General definition

A risk measure $\rho$ is usually defined as a mapping from a set of random variables (i.e. payoffs) $\mathcal{X}$ to the real numbers, that means

$$\rho: \mathcal{X} \longrightarrow \mathbb{R}$$ (7)

$$X \longmapsto \rho(X) .$$

The amount $\rho(X)$ is commonly interpreted as the minimum cash such that the ``risk'' of $X$ is ``acceptable'' to the holder of the payoff or portfolio whenever he/she has the additional amount $\rho(X)$ stored as risk capital (cf. Artzner et al., 1999).

Working with a portfolio base $B = (X_1,\ldots, X_n)$, a risk measure $\rho$ on the payoffs $\mathcal{X}$ implies a risk measure $\rho_B$ on the portfolios $u\in\mathbb{R}^n$ for which we have $X(u) \in \mathcal{X}$. In particular, if $X(\mathbb{R}^n) = \mathcal{X}$ we can define

$$\rho_B: \mathbb{R}^n \longrightarrow \mathbb{R}$$ (8)

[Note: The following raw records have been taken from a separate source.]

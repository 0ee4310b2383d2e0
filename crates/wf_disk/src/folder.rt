//! A folder in memory.

ghost use Rattle.std.specs.Prelude.{◌≡◌, [], ◌∷◌, None, Some, IfOk, OnOk, OnErr, IfErr, option_map, slice_index_or};
ghost use Rattle.wf_disk.specs.Folder.{bytes_in};
ghost use Rattle.wf_disk.specs.MemoryDisk.{left_by, cut_to};
ghost use Rattle.wf_disk.specs.Call.{Open, Make, Append, Sync, Rename, SyncNames, Read, IsLeft, error_of, extended, synced, doubted, changed_at};

use crate::fault::DiskFault;
use crate::file::MemoryFile;
use std::alloc::Global;
use std::marker::Model;
use std::mem;

/// One of the two names of files in a disk's folder.
#[derive(Clone, Copy, Debug, PartialEq, Eq)]
pub enum Name {
    /// The name of the file that is read.
    Own,
    /// The name under which a new content is written, before it takes the own name.
    Second,
}

/// A folder in memory: the two files, and what a power cut may put back under the own name.
pub(crate) struct MemoryFolder {
    own: Option<MemoryFile>,
    second: Option<MemoryFile>,
    // the latest last
    earlier: Vec<Option<MemoryFile>>,
}

impl Drop for MemoryFolder {
    fn drop(self) {
        let MemoryFolder {
            own,
            second,
            earlier,
        } = self;
        drop(own);
        drop(second);
        drop(earlier);
    }
}

impl Model for MemoryFolder {
    ghost use Rattle.std.specs.Prelude.{reverse};
    ghost use Rattle.wf_disk.specs.Folder.{Folder};

    ghost Value = { Folder };

    ghost view = { λ f. record { own = f.own; second = f.second; earlier = reverse f.earlier.items } };
}

impl MemoryFolder {
    /// A folder without files.
    pub(crate) fn new(alloc: Global) -> MemoryFolder
        ensures { result ≡ record { own = None; second = None; earlier = [] } }
    {
        MemoryFolder {
            own: None,
            second: None,
            earlier: Vec::new(alloc),
        }
    }

    /// Makes the own file if it is absent.
    #[tactic(auto, using(crate::proofs::Files::opened_there))]
    pub(crate) fn open(&mut self) -> Result<(), DiskFault>
        ensures { IsLeft Open self.old (error_of result) self.new }
    {
        if self.own.is_some() {
            return Ok(());
        }
        self.earlier.reserve(1)?;
        self.earlier.push_reserved(None);
        self.own = Some(MemoryFile::new(*self.earlier.allocator()));
        Ok(())
    }

    /// Makes the second file, or empties it.
    pub(crate) fn make(&mut self)
        ensures { IsLeft Make self.old None self.new }
    {
        self.second = Some(MemoryFile::new(*self.earlier.allocator()));
    }

    /// Appends bytes to a file.
    pub(crate) fn append(&mut self, name: Name, bytes: &[u8]) -> Result<(), DiskFault>
        ensures { IsLeft (Append name bytes.now) self.old (error_of result) self.new }
    {
        match name {
            Name::Own => append(&mut self.own, bytes),
            Name::Second => append(&mut self.second, bytes),
        }
    }

    /// Syncs a file.
    pub(crate) fn sync(&mut self, name: Name) -> Result<(), DiskFault>
        ensures left { IsLeft (Sync name) self.old (error_of result) self.new }
        ensures device { IfErr result (λ fault. fault ≡ DiskFault.Device) }
    {
        match name {
            Name::Own => sync(&mut self.own),
            Name::Second => sync(&mut self.second),
        }
    }

    /// Makes a file doubtful.
    pub(crate) fn doubt(&mut self, name: Name)
        ensures { self.new ≡ changed_at name doubted self.old }
    {
        match name {
            Name::Own => doubt(&mut self.own),
            Name::Second => doubt(&mut self.second),
        }
    }

    /// Gives the second file the own name.
    pub(crate) fn rename(&mut self) -> Result<(), DiskFault>
        ensures { IsLeft Rename self.old (error_of result) self.new }
    {
        self.earlier.reserve(1)?;
        match self.second.take() {
            None => Err(DiskFault::Device),
            Some(second) => {
                let own = mem::replace(&mut self.own, Some(second));
                self.earlier.push_reserved(own);
                Ok(())
            }
        }
    }

    /// Syncs the names.
    pub(crate) fn sync_names(&mut self)
        ensures { IsLeft SyncNames self.old None self.new }
    {
        self.earlier.clear();
    }

    /// A power cut: under the own name is one of the files that it may put back there, the file
    /// that is there for 0, with all its synced bytes and at most `keep` bytes of the rest. The
    /// second file stays.
    pub(crate) fn cut(&mut self, back: usize, keep: usize)
        ensures { self.new ≡ cut_to back keep self.old }
    {
        self.earlier.reverse();
        put_back(&mut self.own, &mut self.earlier, back);
        self.earlier.clear();
        cut(&mut self.own, keep);
    }

    /// The bytes of the own file.
    pub(crate) fn read(&self, alloc: Global) -> Result<Vec<u8>, DiskFault>
        ensures left { IsLeft Read self.now (error_of result) self.now }
        ensures ok { IfOk result (λ bytes. bytes.items ≡ bytes_in self.now.own) }
    {
        match &self.own {
            None => Err(DiskFault::Device),
            Some(file) => file.read(alloc),
        }
    }
}

/// Appends bytes to a file that may be absent.
fn append(file: &mut Option<MemoryFile>, bytes: &[u8]) -> Result<(), DiskFault>
    ensures ok { OnOk result ((there : _) × (file.old ≡ Some there)) }
    ensures new { OnOk result (file.new ≡ option_map (extended bytes.now) file.old) }
    ensures err { OnErr result (file.new ≡ file.old) }
{
    match file {
        None => Err(DiskFault::Device),
        Some(file) => file.append(bytes),
    }
}

/// Syncs a file that may be absent.
fn sync(file: &mut Option<MemoryFile>) -> Result<(), DiskFault>
    ensures ok { OnOk result ((there : _) × (file.old ≡ Some there)) }
    ensures new { OnOk result (file.new ≡ option_map synced file.old) }
    ensures err { OnErr result (file.new ≡ option_map doubted file.old) }
    ensures device { IfErr result (λ fault. fault ≡ DiskFault.Device) }
{
    match file {
        None => Err(DiskFault::Device),
        Some(file) => {
            file.sync();
            Ok(())
        }
    }
}

/// Puts back the file of this number: 0 is the one that is there, the others come after it. It
/// stays where there are fewer.
#[tactic(auto, using(crate::proofs::Files::put_back, crate::proofs::Files::stays_back))]
fn put_back(own: &mut Option<MemoryFile>, others: &mut Vec<Option<MemoryFile>>, back: usize)
    ensures { own.new ≡ slice_index_or (own.old ∷ others.old.items) back own.old }
{
    if back == 0 {
        return;
    }
    if back > others.len() {
        return;
    }
    *own = others.swap_remove(back - 1);
}

/// Cuts a file that may be absent.
fn cut(file: &mut Option<MemoryFile>, keep: usize)
    ensures { file.new ≡ option_map (left_by keep) file.old }
{
    if let Some(file) = file {
        file.cut(keep);
    }
}

/// Makes a file doubtful, if it is there.
fn doubt(file: &mut Option<MemoryFile>)
    ensures { file.new ≡ option_map doubted file.old }
{
    if let Some(file) = file {
        file.doubt();
    }
}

$$u \longmapsto \rho(X(u)) .$$

We also write $\rho(u)$ for $\rho_B(u)$. Based on the context, no confusion can arise.

A performance measure can also be represented by functions as considered in (7) and (8). In contrast to risk measures, performance measures are ususally intended to describe ratios like the relation of the expected return to the risk capital or invested risk-adjusted capital. However, the concrete interpretation of such measures is postponed until we look at conrete examples, namely RORC and RORAC (cf. Section 2.3).